▸ **What this task involves**: Reproduce the top of the data verbatim, through and including the line that contains "use lab_words::machine::Machine;".

────────────────────────────────────────

//! The top call: from the words of a command line to the text that is written, and a status.

ghost use Rattle.std.specs.Prelude.{◌≡◌, ◌≢◌, ◌≤◌, ◌⊎◌, ◌∷◌, None, IfOk, IfSome, map, string_bytes};
ghost use Rattle.tim_base.specs.Kept.{KeepsFiles, NoCountFalls};
ghost use Rattle.tim_base.specs.Faults.{Rose};
ghost use Rattle.tool_texts.specs.Ends.{EndsBy, Nothing};
ghost use Rattle.tool_stages.specs.Content.{NoneRises};
ghost use Rattle.tool_stages.specs.Fetches.{HasFetched, named_by};
ghost use Rattle.lab_words.specs.QuestionAsked.{IsInRange, described, question_of};
ghost use Rattle.lab_words.specs.QuestionViews.{asked_of, machine_of};
ghost use Rattle.lab_tool.specs.Answers.{Before, BeforeIn, IsAnswer, IsAnswerIn, IsUsage};
ghost use Rattle.lab_tool.specs.Complete.{CanEnd, files_of, own_files};
ghost use Rattle.lab_tool.specs.Machines.{BeforeOn, OnMachine, machine_in};
ghost use Rattle.lab_tool.specs.Worth.{AnswersAreWorth};

use crate::laws::answers_are_worth;
use lab_bound::bound::bound;
use lab_check::check::check;
use lab_leak::leak::leak;
use lab_ready::why_audit::why_audit;
use lab_seen::seen::seen;
use lab_steady::steady::steady;
use lab_texts::usage::usage;
use lab_timeline::timeline::timeline;
use lab_tune::tune::tune;
use lab_why::of::why_of;
use lab_why::starts::why_starts;
use lab_why::why::why;
use lab_words::help::{help_text, version_text};
use lab_words::machine::Machine;
use lab_words::question::{Question, read_question};
use lab_words::refusal;
use machine_stage::machine::machine;
use std::alloc::Global;
use text_base::pos::Memory;
use tim_base::shelf::Shelf;
use tim_base::sink::Sink;
use tool_stages::envs::Environment;
use tool_stages::setting::Setting;
use tool_texts::finish::{finish, stop, stop_for_memory};
use tool_texts::status::Status;
use tool_words::words::{EnvName, WordsFault};

// Answers a question in an environment, whatever machine it asks about.
fn obey_in<S: Shelf, W: Sink>(
    alloc: Global,
    shelf: &mut S,
    out: &mut W,
    question: Question<'_>,
    env: Environment,
) -> Status
    requires { IsInRange (asked_of question) }
    ensures same { KeepsFiles (S.content shelf.old) (S.content shelf.new) }
    ensures later { NoCountFalls (S.faults shelf.old) (S.faults shelf.new) }
    ensures later_out { W.faults out.old ≤ W.faults out.new }
    ensures answered { EndsBy (W.taken out.old) (W.taken out.new) (BeforeIn env (S.content shelf.old) (asked_of question.entry))
        (IsAnswerIn env (λ name. Rose (S.faults shelf.old name) (S.faults shelf.new name)) (S.content shelf.old) (asked_of question.entry)) result }
    ensures write { result ≡ Status.WriteFault → Rose (W.faults out.old) (W.faults out.new) }
    ensures fetched { HasFetched (own_files (asked_of question.entry)) result (S.log shelf.old) (S.log shelf.new) }
{
    match question {
        Question::Why { file, of } => match of {
            None => why(alloc, shelf, out, file),
            Some(name) => why_of(alloc, shelf, out, file, name),
        },
        Question::WhyStarts { file, starts } => why_starts(alloc, shelf, out, file, starts),
        Question::WhyAudit {
            file,
            starts,
            observer,
            machine: _,
            budget,
        } => {
            let setting = Setting { env, budget };
            why_audit(alloc, shelf, out, file, starts, observer, setting)
        }
        Question::Seen {
            file,
            starts,
            observer,
            machine: _,
            budget,
            refused,
        } => {
            let setting = Setting { env, budget };
            seen(alloc, shelf, out, file, starts, observer, setting, refused)
        }
        Question::Timeline {
            file,
            starts,
            observer,
            machine: _,
            budget,
            refused,
        } => {
            let setting = Setting { env, budget };
            timeline(alloc, shelf, out, file, starts, observer, setting, refused)
        }
        Question::Bound {
            file,
            starts,
            observer,
            machine: _,
            budget,
        } => {
            let setting = Setting { env, budget };
            bound(alloc, shelf, out, file, starts, observer, setting)
        }
        Question::Steady {
            file,
            observer,
            parts,
            constant,
            whole,
        } => steady(alloc, shelf, out, file, observer, parts, constant, whole),
        Question::Leak {
            file,
            starts,
            observer,
            machine: _,
            budget,
            refused,
        } => {
            let setting = Setting { env, budget };
            leak(alloc, shelf, out, file, starts, observer, setting, refused)
        }
        Question::Tune {
            file,
            starts,
            observer,
            machine: _,
            budget,
            mark,
            bits,
        } => {
            let setting = Setting { env, budget };
            tune(
                alloc, shelf, out, file, starts, observer, setting, mark, bits,
            )
        }
        Question::Check { file } => check(alloc, shelf, out, file),
        Question::Help { command } => finish(out, help_text(command), Status::Done),
        Question::Version => finish(out, version_text(), Status::Done),
    }
}

// Answers a question on the machine that a file describes, which is read first.
fn obey_on<S: Shelf, W: Sink>(
    alloc: Global,
    shelf: &mut S,
    out: &mut W,
    question: Question<'_>,
    file: &str,
) -> Status
    requires { IsInRange (asked_of question) }
    ensures same { KeepsFiles (S.content shelf.old) (S.content shelf.new) }
    ensures later { NoCountFalls (S.faults shelf.old) (S.faults shelf.new) }
    ensures later_out { W.faults out.old ≤ W.faults out.new }
    ensures answered { EndsBy (W.taken out.old) (W.taken out.new)
        (BeforeOn (S.content shelf.old) (described file.now) (λ e. BeforeIn e (S.content shelf.old) (asked_of question.entry)))
        (OnMachine (λ name. Rose (S.faults shelf.old name) (S.faults shelf.new name)) (S.content shelf.old) (described file.now)
        (λ e. IsAnswerIn e (λ name. Rose (S.faults shelf.old name) (S.faults shelf.new name)) (S.content shelf.old) (asked_of question.entry))) result }
    ensures write { result ≡ Status.WriteFault → Rose (W.faults out.old) (W.faults out.new) }
    ensures fetched { HasFetched (file.now ∷ own_files (asked_of question.entry)) result (S.log shelf.old) (S.log shelf.new) }
{
    match machine(alloc, shelf, file) {
        Ok(machine) => obey_in(alloc, shelf, out, question, Environment::Described(machine)),
        Err(e) => stop(out, e),
    }
}

// The machine that a question asks about; the usual one where it asks about no runs.
fn machine_in<'a>(question: Question<'a>) -> Machine<'a>
    ensures { machine_of result ≡ machine_in (asked_of question.entry) }
{
    match question {
        Question::WhyAudit { machine, .. }
        | Question::Seen { machine, .. }
        | Question::Timeline { machine, .. }
        | Question::Bound { machine, .. }
        | Question::Leak { machine, .. }
        | Question::Tune { machine, .. } => machine,
        _ => Machine::Named(EnvName::Part),
    }
}

/// Answers a question.
fn obey<S: Shelf, W: Sink>(
    alloc: Global,
    shelf: &mut S,
    out: &mut W,
    question: Question<'_>,
) -> Status
    requires { IsInRange (asked_of question) }
    ensures same { KeepsFiles (S.content shelf.old) (S.content shelf.new) }
    ensures later { NoCountFalls (S.faults shelf.old) (S.faults shelf.new) }
    ensures later_out { W.faults out.old ≤ W.faults out.new }
    ensures answered { EndsBy (W.taken out.old) (W.taken out.new) (Before (S.content shelf.old) (asked_of question.entry))
        (IsAnswer (λ name. Rose (S.faults shelf.old name) (S.faults shelf.new name)) (S.content shelf.old) (asked_of question.entry)) result }
    ensures write { result ≡ Status.WriteFault → Rose (W.faults out.old) (W.faults out.new) }
    ensures fetched { HasFetched (files_of (asked_of question.entry)) result (S.log shelf.old) (S.log shelf.new) }
{
    match machine_in(question) {
        Machine::Named(name) => obey_in(alloc, shelf, out, question, Environment::Named(name)),
        Machine::Described(file) => obey_on(alloc, shelf, out, question, file),
    }
}

/// The text on words that ask for nothing: a line on the first word that can't be taken, and the usage text.
fn usage_text(alloc: Global, words: &[String]) -> Result<Vec<u8>, Memory>
    ensures { IfOk result (λ v. IsUsage (map string_bytes words.now) Status.Usage v.items) }
{
    let mut text = refusal::line(alloc, words)?;
    text.extend_from_slice(usage())?;
    Ok(text)
}

/// Refuses words that ask for nothing.
fn refuse<W: Sink>(alloc: Global, out: &mut W, words: &[String]) -> Status
    ensures usage { EndsBy (W.taken out.old) (W.taken out.new) Nothing (IsUsage (map string_bytes words.now)) result }
    ensures read { result ≢ Status.ReadFault }
    ensures write { result ≡ Status.WriteFault → Rose (W.faults out.old) (W.faults out.new) }
    ensures later { W.faults out.old ≤ W.faults out.new }
{
    match usage_text(alloc, words) {
        Ok(text) => finish(out, text.as_slice(), Status::Usage),
        Err(Memory) => stop_for_memory(out),
    }
}

/// Answers what the words of a command line ask: reads files from a shelf, writes a text, and tells how it ended. The
/// words don't hold the program's name.
///
/// `answered`: the status and the text are the answer to the question that the words ask, in the order of its refusals,
/// from what the shelf is told to hold; where they name a file that describes a machine, that is read first of all. A file may not be
/// read only where the count of its faults rose. Where memory was
/// wanting the text is the line for that, which may stand after what is told of some of the runs. After a fault of the
/// sink a prefix of the text is written.
///
/// `usage`: words that ask for nothing get a line on the first of them that can't be taken, and the usage text.
///
/// `complete`: a question that can end in some way ends so, want of memory aside, where no count of faults rose, neither
/// that of a file that the words name nor that of the sink.
///
/// `fetched`: of the files that the words name the first ones are fetched, in their order, each once, and none after one
/// that gave no bytes. A read fault is told where the last fetch failed and only there, unless its line could not be
/// written.
///
/// `worth`: on machines with partitions the printed counts bound what starts show that agree, those of a file and others;
/// what `seen` writes is as few; a chain of `why` refutes every labelling; and what `tune` tells of runs is so of the code that has the other number.
pub fn lab_main<S: Shelf, W: Sink>(
    alloc: Global,
    words: &[String],
    shelf: &mut S,
    out: &mut W,
) -> Status
    ensures answered { IfSome (question_of (map string_bytes words.now)) (λ a.
        EndsBy (W.taken out.old) (W.taken out.new) (Before (S.content shelf.old) a)
        (IsAnswer (λ name. Rose (S.faults shelf.old name) (S.faults shelf.new name)) (S.content shelf.old) a) result) }
    ensures usage { question_of (map string_bytes words.now) ≡ None
        → EndsBy (W.taken out.old) (W.taken out.new) Nothing (IsUsage (map string_bytes words.now)) result }
    ensures complete { IfSome (question_of (map string_bytes words.now)) (λ a. (s : Status) → CanEnd (S.content shelf.old) a s
        → NoneRises (λ name. Rose (S.faults shelf.old name) (S.faults shelf.new name)) (files_of a) → (Rose (W.faults out.old) (W.faults out.new) → ⊥)
        → (result ≡ s) ⊎ (result ≡ Status.Memory)) }
    ensures worth { AnswersAreWorth }
    ensures write { result ≡ Status.WriteFault → Rose (W.faults out.old) (W.faults out.new) }
    ensures fetched { HasFetched (named_by files_of (question_of (map string_bytes words.now))) result (S.log shelf.old) (S.log shelf.new) }

    // No file changes, and no count of faults falls.
    ensures same { KeepsFiles (S.content shelf.old) (S.content shelf.new) }
    ensures later { NoCountFalls (S.faults shelf.old) (S.faults shelf.new) }
    ensures later_out { W.faults out.old ≤ W.faults out.new }
{
    answers_are_worth();
    match read_question(alloc, words) {
        Ok(question) => obey(alloc, shelf, out, question),
        Err(WordsFault::Usage) => refuse(alloc, out, words),
        Err(WordsFault::Memory) => stop_for_memory(out),
    }
}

────────────────────────────────────────

▸ **Answer below**:
//! The top call: from the words of a command line to the text that is written, and a status.

ghost use Rattle.std.specs.Prelude.{◌≡◌, ◌≢◌, ◌≤◌, ◌⊎◌, ◌∷◌, None, IfOk, IfSome, map, string_bytes};
ghost use Rattle.tim_base.specs.Kept.{KeepsFiles, NoCountFalls};
ghost use Rattle.tim_base.specs.Faults.{Rose};
ghost use Rattle.tool_texts.specs.Ends.{EndsBy, Nothing};
ghost use Rattle.tool_stages.specs.Content.{NoneRises};
ghost use Rattle.tool_stages.specs.Fetches.{HasFetched, named_by};
ghost use Rattle.lab_words.specs.QuestionAsked.{IsInRange, described, question_of};
ghost use Rattle.lab_words.specs.QuestionViews.{asked_of, machine_of};
ghost use Rattle.lab_tool.specs.Answers.{Before, BeforeIn, IsAnswer, IsAnswerIn, IsUsage};
ghost use Rattle.lab_tool.specs.Complete.{CanEnd, files_of, own_files};
ghost use Rattle.lab_tool.specs.Machines.{BeforeOn, OnMachine, machine_in};
ghost use Rattle.lab_tool.specs.Worth.{AnswersAreWorth};

use crate::laws::answers_are_worth;
use lab_bound::bound::bound;
use lab_check::check::check;
use lab_leak::leak::leak;
use lab_ready::why_audit::why_audit;
use lab_seen::seen::seen;
use lab_steady::steady::steady;
use lab_texts::usage::usage;
use lab_timeline::timeline::timeline;
use lab_tune::tune::tune;
use lab_why::of::why_of;
use lab_why::starts::why_starts;
use lab_why::why::why;
use lab_words::help::{help_text, version_text};
use lab_words::machine::Machine;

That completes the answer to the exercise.